DATA SHOWN:
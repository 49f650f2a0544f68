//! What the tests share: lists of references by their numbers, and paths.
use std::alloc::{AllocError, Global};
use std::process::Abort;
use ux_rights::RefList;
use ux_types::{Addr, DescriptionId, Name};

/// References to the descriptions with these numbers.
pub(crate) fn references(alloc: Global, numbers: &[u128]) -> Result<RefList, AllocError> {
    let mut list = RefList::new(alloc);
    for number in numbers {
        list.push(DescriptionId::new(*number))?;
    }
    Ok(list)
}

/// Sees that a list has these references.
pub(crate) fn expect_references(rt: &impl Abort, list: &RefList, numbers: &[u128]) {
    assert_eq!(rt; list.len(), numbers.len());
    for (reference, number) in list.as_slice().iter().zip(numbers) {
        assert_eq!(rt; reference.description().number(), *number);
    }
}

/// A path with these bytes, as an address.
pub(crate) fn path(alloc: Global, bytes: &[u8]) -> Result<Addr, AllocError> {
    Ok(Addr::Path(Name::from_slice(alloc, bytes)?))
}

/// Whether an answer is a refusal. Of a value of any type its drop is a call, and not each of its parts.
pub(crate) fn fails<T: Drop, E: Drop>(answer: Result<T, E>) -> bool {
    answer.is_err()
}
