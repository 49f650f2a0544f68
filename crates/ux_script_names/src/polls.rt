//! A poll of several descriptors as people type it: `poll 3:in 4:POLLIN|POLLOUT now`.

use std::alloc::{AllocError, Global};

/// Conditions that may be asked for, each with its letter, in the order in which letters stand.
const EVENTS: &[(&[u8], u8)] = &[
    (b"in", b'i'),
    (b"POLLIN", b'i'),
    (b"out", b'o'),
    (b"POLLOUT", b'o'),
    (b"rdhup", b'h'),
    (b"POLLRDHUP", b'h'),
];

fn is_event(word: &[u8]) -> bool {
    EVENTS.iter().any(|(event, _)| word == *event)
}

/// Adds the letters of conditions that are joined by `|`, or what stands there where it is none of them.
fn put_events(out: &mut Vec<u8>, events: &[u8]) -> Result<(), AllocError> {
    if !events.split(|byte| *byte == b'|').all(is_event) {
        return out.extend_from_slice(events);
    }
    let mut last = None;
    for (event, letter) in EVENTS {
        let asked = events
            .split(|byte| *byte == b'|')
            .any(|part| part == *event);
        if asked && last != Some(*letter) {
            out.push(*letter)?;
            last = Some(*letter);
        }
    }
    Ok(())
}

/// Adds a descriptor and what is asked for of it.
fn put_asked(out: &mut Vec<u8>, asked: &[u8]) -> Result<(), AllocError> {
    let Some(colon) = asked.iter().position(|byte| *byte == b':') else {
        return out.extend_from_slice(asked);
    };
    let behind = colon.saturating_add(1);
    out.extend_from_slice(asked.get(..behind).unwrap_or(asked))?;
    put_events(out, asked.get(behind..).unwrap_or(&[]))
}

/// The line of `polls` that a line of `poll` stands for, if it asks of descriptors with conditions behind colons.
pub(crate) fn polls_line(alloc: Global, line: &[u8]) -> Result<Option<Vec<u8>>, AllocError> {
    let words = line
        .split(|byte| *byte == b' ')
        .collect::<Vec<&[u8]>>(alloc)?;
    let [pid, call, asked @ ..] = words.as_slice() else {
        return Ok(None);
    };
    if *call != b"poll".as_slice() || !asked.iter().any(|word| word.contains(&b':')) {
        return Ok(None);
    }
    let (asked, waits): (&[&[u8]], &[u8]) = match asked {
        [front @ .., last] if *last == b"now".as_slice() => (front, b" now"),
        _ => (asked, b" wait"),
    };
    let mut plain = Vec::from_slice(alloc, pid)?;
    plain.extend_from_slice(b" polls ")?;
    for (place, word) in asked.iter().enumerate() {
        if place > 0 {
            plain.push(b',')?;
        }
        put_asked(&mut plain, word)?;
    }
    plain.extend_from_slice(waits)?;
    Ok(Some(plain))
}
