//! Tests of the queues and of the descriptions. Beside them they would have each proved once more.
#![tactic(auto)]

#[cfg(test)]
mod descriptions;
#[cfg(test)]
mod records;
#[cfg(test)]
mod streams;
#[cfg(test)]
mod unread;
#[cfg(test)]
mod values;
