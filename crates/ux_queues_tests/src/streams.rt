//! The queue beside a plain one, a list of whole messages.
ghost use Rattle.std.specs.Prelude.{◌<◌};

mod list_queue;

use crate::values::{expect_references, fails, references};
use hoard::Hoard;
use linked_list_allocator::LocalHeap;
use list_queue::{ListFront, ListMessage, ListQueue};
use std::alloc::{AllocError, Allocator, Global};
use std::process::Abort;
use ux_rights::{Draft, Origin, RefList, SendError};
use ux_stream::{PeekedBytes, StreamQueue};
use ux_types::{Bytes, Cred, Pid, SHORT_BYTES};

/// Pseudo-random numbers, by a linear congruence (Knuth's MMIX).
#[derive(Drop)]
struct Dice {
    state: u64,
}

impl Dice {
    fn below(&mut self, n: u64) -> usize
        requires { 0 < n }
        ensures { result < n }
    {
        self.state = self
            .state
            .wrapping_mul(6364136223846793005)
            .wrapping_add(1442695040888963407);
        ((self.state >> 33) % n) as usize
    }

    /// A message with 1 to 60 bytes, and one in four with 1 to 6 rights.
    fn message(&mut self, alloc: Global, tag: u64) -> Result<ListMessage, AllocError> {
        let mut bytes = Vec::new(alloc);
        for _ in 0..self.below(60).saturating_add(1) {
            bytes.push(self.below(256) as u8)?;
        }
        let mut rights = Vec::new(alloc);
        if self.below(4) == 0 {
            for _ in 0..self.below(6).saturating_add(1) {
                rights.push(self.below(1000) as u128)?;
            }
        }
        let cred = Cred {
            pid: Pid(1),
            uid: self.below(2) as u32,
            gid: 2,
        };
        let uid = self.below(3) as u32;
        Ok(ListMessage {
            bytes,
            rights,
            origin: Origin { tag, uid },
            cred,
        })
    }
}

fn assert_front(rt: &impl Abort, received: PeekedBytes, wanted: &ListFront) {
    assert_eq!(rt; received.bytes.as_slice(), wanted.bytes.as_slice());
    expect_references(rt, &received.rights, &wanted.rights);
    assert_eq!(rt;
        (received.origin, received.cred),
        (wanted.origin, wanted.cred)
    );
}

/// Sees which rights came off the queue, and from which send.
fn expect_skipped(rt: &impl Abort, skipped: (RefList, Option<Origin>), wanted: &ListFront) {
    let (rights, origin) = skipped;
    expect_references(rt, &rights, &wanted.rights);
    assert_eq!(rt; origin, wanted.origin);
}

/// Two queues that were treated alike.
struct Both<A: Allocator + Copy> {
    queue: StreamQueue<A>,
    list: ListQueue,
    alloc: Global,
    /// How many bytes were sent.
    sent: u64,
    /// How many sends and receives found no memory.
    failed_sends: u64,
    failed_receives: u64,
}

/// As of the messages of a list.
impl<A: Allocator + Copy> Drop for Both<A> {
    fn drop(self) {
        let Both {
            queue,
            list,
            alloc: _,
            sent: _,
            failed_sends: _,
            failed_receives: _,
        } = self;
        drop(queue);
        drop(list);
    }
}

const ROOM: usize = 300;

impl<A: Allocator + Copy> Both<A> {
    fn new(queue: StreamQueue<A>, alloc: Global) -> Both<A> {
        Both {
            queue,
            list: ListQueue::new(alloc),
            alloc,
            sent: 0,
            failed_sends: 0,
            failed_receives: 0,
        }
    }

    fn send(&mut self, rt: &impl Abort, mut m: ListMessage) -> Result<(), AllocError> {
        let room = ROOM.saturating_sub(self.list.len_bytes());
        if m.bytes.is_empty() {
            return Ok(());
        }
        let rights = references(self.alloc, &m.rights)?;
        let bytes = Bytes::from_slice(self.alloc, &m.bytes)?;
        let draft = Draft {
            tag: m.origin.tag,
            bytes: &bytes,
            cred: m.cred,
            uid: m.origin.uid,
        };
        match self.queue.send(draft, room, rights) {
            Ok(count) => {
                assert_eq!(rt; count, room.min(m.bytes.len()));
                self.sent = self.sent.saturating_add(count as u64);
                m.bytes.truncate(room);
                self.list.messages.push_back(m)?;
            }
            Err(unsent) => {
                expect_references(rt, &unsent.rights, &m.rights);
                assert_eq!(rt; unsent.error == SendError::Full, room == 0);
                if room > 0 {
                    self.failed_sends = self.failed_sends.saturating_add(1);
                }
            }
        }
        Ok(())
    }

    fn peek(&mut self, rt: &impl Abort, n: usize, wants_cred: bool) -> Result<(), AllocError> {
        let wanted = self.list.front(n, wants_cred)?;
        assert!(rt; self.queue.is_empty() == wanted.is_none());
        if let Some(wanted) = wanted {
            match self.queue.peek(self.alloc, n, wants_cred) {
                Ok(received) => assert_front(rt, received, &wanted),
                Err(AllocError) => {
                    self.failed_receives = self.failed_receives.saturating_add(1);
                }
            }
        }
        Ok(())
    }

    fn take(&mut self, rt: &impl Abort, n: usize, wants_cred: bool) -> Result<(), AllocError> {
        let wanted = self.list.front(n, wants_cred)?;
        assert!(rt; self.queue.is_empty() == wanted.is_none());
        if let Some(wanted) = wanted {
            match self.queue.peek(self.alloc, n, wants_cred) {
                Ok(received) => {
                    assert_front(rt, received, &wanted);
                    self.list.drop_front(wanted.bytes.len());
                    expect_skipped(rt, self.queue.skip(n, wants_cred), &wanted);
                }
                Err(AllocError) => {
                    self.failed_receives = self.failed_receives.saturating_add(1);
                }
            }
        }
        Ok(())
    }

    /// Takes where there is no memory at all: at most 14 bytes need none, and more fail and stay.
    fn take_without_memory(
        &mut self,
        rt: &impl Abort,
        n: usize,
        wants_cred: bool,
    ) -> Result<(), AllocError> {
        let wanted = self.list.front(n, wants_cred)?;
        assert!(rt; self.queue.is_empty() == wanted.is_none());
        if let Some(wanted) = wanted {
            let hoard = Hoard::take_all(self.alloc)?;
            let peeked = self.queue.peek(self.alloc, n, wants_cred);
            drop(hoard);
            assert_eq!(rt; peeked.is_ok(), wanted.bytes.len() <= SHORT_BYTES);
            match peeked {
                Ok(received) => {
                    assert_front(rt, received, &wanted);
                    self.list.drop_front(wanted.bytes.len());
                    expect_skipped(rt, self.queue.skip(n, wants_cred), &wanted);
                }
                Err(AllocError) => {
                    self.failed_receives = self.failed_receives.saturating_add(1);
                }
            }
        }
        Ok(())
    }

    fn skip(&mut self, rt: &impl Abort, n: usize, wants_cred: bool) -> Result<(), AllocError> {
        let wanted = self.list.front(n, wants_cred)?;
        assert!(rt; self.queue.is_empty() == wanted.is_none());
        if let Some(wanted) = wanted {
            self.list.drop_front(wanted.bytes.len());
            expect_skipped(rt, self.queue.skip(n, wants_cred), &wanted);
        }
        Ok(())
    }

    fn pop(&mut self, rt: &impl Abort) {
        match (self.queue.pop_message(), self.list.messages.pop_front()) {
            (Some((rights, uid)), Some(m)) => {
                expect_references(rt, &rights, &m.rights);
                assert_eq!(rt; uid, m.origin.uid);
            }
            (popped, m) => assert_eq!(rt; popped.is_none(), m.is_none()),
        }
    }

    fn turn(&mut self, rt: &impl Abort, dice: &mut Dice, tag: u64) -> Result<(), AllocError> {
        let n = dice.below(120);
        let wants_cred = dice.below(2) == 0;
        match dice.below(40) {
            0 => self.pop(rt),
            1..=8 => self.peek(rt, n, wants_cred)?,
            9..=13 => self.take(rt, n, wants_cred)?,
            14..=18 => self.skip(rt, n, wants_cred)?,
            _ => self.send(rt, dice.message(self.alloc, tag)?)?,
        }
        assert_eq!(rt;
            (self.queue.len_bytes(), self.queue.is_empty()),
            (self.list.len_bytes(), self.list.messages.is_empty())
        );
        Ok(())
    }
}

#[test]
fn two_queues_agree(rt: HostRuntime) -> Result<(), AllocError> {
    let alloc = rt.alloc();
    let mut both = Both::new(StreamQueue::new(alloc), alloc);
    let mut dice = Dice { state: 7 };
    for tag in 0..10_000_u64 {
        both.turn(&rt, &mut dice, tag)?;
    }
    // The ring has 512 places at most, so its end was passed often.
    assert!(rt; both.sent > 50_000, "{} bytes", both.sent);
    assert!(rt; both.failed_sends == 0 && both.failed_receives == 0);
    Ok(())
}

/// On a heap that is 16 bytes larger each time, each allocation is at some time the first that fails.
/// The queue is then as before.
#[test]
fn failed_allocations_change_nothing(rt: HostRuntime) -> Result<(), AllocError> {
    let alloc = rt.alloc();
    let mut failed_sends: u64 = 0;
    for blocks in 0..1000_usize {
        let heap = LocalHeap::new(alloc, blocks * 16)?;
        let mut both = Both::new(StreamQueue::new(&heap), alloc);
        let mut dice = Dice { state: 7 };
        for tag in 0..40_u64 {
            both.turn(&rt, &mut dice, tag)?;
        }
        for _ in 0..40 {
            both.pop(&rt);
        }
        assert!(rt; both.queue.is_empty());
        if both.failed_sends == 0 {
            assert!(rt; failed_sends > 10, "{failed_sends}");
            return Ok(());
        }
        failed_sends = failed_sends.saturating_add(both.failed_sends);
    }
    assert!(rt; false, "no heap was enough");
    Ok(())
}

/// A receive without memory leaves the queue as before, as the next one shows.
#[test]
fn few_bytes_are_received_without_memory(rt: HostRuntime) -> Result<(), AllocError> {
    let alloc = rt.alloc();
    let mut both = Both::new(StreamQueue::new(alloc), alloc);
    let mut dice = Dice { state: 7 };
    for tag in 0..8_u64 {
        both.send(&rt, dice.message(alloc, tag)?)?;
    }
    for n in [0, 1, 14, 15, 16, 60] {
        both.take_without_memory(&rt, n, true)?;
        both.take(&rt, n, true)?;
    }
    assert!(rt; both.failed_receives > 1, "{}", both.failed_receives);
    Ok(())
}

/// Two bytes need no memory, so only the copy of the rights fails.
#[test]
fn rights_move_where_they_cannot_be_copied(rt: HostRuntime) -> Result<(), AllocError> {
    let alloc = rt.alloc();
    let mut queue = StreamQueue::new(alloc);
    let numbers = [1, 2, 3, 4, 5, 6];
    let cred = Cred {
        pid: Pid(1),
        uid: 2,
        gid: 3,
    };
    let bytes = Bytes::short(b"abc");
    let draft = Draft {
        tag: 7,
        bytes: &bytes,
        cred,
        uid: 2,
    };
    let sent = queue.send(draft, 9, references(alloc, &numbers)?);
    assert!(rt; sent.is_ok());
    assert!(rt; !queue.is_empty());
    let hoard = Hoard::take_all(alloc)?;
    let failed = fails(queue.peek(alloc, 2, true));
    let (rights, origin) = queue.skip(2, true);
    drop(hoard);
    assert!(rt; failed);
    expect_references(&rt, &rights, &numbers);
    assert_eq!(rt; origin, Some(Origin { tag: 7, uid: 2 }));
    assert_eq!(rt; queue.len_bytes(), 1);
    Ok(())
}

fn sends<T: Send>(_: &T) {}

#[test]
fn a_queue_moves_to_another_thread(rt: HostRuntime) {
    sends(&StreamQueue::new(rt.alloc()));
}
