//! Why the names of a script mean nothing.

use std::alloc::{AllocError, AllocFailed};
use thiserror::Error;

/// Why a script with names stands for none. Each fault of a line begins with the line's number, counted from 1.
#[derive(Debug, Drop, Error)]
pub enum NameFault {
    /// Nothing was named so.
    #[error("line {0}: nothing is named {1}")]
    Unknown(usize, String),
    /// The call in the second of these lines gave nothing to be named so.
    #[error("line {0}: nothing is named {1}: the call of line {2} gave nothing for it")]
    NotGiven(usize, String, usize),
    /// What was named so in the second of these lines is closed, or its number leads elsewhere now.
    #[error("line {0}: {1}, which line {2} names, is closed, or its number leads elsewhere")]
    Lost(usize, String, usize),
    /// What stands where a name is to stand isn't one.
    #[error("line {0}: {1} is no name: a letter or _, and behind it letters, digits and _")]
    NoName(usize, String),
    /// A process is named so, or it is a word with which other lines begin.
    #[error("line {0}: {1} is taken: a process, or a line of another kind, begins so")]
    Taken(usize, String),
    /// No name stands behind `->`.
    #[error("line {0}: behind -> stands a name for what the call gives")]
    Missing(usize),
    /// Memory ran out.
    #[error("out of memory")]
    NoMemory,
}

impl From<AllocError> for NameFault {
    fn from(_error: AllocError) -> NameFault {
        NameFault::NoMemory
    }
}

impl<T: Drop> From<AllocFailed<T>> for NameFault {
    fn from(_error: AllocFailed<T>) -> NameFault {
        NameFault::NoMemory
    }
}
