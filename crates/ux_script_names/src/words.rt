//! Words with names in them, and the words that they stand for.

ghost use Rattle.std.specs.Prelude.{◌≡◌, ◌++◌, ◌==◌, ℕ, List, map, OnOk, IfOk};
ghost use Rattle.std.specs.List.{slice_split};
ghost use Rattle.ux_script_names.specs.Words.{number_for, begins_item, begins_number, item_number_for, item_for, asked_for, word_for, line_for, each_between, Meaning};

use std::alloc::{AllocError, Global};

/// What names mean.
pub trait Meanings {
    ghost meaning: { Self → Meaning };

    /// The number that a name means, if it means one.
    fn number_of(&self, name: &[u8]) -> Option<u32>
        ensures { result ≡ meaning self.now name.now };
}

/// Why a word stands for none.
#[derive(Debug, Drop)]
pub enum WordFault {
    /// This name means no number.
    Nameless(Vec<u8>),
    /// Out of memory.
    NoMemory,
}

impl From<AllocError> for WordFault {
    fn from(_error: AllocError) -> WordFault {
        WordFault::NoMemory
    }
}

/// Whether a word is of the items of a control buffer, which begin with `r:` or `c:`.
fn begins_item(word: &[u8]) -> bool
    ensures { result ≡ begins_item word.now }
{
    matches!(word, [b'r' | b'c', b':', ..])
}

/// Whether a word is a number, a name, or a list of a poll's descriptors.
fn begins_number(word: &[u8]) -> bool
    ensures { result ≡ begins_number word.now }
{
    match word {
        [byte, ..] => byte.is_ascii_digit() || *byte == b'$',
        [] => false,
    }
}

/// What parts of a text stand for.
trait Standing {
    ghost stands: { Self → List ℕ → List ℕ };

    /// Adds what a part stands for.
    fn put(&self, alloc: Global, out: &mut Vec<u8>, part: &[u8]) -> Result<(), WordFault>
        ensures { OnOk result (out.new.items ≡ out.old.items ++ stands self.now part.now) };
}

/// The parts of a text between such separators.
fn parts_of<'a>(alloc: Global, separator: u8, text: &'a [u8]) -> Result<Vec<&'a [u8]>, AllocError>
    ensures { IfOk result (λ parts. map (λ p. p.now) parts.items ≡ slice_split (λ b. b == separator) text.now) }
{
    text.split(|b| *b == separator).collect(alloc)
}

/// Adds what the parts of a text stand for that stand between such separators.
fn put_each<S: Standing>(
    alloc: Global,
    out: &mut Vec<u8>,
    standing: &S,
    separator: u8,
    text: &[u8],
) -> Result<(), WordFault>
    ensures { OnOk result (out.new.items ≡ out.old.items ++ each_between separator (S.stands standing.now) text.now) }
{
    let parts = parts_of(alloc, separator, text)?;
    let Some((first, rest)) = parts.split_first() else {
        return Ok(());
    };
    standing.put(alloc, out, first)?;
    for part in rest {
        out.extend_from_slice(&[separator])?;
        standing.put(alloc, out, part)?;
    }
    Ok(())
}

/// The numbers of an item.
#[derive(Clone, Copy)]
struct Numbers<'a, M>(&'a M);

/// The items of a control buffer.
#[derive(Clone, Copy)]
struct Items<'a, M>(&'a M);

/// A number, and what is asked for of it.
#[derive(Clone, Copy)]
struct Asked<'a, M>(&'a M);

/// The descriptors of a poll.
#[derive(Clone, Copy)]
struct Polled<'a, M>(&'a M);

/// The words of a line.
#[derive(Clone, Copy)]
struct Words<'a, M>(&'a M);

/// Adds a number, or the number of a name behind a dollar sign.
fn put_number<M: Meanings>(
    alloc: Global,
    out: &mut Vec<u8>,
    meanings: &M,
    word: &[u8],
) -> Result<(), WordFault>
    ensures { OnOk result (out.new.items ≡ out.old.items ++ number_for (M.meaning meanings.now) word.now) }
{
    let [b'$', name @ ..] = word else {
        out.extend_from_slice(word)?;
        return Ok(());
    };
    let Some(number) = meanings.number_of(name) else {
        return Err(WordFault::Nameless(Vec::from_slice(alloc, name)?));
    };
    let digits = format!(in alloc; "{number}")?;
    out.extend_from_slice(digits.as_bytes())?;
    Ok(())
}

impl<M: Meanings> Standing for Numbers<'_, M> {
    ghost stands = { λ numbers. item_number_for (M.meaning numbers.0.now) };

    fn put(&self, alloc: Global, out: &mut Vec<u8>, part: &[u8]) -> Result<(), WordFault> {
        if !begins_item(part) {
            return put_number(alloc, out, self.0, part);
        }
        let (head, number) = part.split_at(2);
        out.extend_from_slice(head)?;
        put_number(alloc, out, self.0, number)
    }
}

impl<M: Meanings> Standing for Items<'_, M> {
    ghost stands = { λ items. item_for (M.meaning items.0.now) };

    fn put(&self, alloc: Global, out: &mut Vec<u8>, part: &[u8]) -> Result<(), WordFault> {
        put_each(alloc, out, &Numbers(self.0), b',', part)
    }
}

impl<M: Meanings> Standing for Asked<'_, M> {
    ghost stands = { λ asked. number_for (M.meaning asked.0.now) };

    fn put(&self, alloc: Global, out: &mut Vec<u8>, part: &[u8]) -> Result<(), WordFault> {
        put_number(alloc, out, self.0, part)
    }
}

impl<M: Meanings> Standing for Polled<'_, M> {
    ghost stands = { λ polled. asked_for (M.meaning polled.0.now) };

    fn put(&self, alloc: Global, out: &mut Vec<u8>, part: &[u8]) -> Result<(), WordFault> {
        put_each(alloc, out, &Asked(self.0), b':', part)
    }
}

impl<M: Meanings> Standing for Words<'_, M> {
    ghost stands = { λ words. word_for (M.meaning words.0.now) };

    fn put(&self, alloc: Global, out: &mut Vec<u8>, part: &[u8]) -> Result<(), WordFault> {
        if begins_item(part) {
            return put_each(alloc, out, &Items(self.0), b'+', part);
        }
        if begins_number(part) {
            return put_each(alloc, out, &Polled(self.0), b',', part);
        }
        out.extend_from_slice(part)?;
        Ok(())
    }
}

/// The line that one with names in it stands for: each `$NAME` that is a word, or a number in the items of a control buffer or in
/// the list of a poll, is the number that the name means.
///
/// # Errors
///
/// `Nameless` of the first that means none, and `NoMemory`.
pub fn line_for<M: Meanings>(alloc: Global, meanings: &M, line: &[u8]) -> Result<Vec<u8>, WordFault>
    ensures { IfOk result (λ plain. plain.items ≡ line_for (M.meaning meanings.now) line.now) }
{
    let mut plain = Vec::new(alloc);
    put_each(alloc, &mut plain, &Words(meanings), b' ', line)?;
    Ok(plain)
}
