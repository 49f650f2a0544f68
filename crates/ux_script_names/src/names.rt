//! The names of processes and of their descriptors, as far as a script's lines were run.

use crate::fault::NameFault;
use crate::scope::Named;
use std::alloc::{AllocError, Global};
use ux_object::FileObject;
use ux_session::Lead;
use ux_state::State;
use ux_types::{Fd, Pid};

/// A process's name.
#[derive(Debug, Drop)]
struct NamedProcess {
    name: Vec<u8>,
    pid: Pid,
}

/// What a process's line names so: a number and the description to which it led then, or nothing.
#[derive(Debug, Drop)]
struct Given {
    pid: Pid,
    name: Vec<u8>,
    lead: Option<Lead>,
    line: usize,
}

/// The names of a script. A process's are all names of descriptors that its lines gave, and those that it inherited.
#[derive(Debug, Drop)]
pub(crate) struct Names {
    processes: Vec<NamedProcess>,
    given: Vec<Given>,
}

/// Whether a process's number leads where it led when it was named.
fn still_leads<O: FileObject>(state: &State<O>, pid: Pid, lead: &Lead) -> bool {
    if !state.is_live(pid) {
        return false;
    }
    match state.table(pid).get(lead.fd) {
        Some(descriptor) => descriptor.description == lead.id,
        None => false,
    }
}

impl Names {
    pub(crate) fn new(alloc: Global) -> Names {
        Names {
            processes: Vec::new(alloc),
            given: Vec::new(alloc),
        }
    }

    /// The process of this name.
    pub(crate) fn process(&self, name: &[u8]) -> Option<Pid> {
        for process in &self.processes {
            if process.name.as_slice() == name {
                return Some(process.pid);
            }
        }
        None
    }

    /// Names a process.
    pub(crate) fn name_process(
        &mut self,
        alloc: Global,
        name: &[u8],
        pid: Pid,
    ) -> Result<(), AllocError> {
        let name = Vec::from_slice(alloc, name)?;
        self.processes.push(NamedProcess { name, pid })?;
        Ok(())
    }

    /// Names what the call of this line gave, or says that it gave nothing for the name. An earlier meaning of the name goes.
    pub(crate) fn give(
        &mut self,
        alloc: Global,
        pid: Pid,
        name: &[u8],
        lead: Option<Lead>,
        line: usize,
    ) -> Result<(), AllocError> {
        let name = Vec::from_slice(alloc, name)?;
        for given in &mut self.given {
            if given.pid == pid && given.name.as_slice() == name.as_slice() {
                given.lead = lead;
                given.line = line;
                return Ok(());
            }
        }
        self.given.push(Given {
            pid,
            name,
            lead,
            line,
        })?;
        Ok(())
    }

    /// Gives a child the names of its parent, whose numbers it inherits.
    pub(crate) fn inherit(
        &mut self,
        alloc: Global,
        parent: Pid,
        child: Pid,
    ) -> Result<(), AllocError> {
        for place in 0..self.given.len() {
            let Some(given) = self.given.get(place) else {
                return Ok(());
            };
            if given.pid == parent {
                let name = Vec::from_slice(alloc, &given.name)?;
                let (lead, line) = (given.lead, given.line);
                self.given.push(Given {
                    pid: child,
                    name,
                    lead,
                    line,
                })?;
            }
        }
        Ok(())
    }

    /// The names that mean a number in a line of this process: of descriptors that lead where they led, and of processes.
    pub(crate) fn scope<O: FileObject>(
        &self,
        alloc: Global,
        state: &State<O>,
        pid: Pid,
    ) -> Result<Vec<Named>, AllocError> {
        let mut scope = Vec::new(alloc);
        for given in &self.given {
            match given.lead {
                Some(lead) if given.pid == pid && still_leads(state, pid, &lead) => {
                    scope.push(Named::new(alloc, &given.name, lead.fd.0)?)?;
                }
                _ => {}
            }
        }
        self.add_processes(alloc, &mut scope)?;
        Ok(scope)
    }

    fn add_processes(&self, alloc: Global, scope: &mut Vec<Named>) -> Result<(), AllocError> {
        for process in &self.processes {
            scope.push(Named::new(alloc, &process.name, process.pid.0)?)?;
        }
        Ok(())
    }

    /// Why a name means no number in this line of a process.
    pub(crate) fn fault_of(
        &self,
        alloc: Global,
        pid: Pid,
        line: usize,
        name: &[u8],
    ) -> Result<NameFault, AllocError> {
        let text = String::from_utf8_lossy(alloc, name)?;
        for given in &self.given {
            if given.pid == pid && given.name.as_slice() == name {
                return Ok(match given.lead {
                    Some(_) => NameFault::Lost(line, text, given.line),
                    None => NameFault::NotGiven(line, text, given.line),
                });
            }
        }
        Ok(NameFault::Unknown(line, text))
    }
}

DIRECTIONS FOR THIS TASK: Go through the data above from its first line and copy each line exactly, stopping once the line with "with these numbers." has been copied.

ANSWER TO THE PROBLEM:
repository 49f650f2a0544f68
//! What the tests share: lists of references by their numbers, and paths.
use std::alloc::{AllocError, Global};
use std::process::Abort;
use ux_rights::RefList;
use ux_types::{Addr, DescriptionId, Name};

/// References to the descriptions with these numbers.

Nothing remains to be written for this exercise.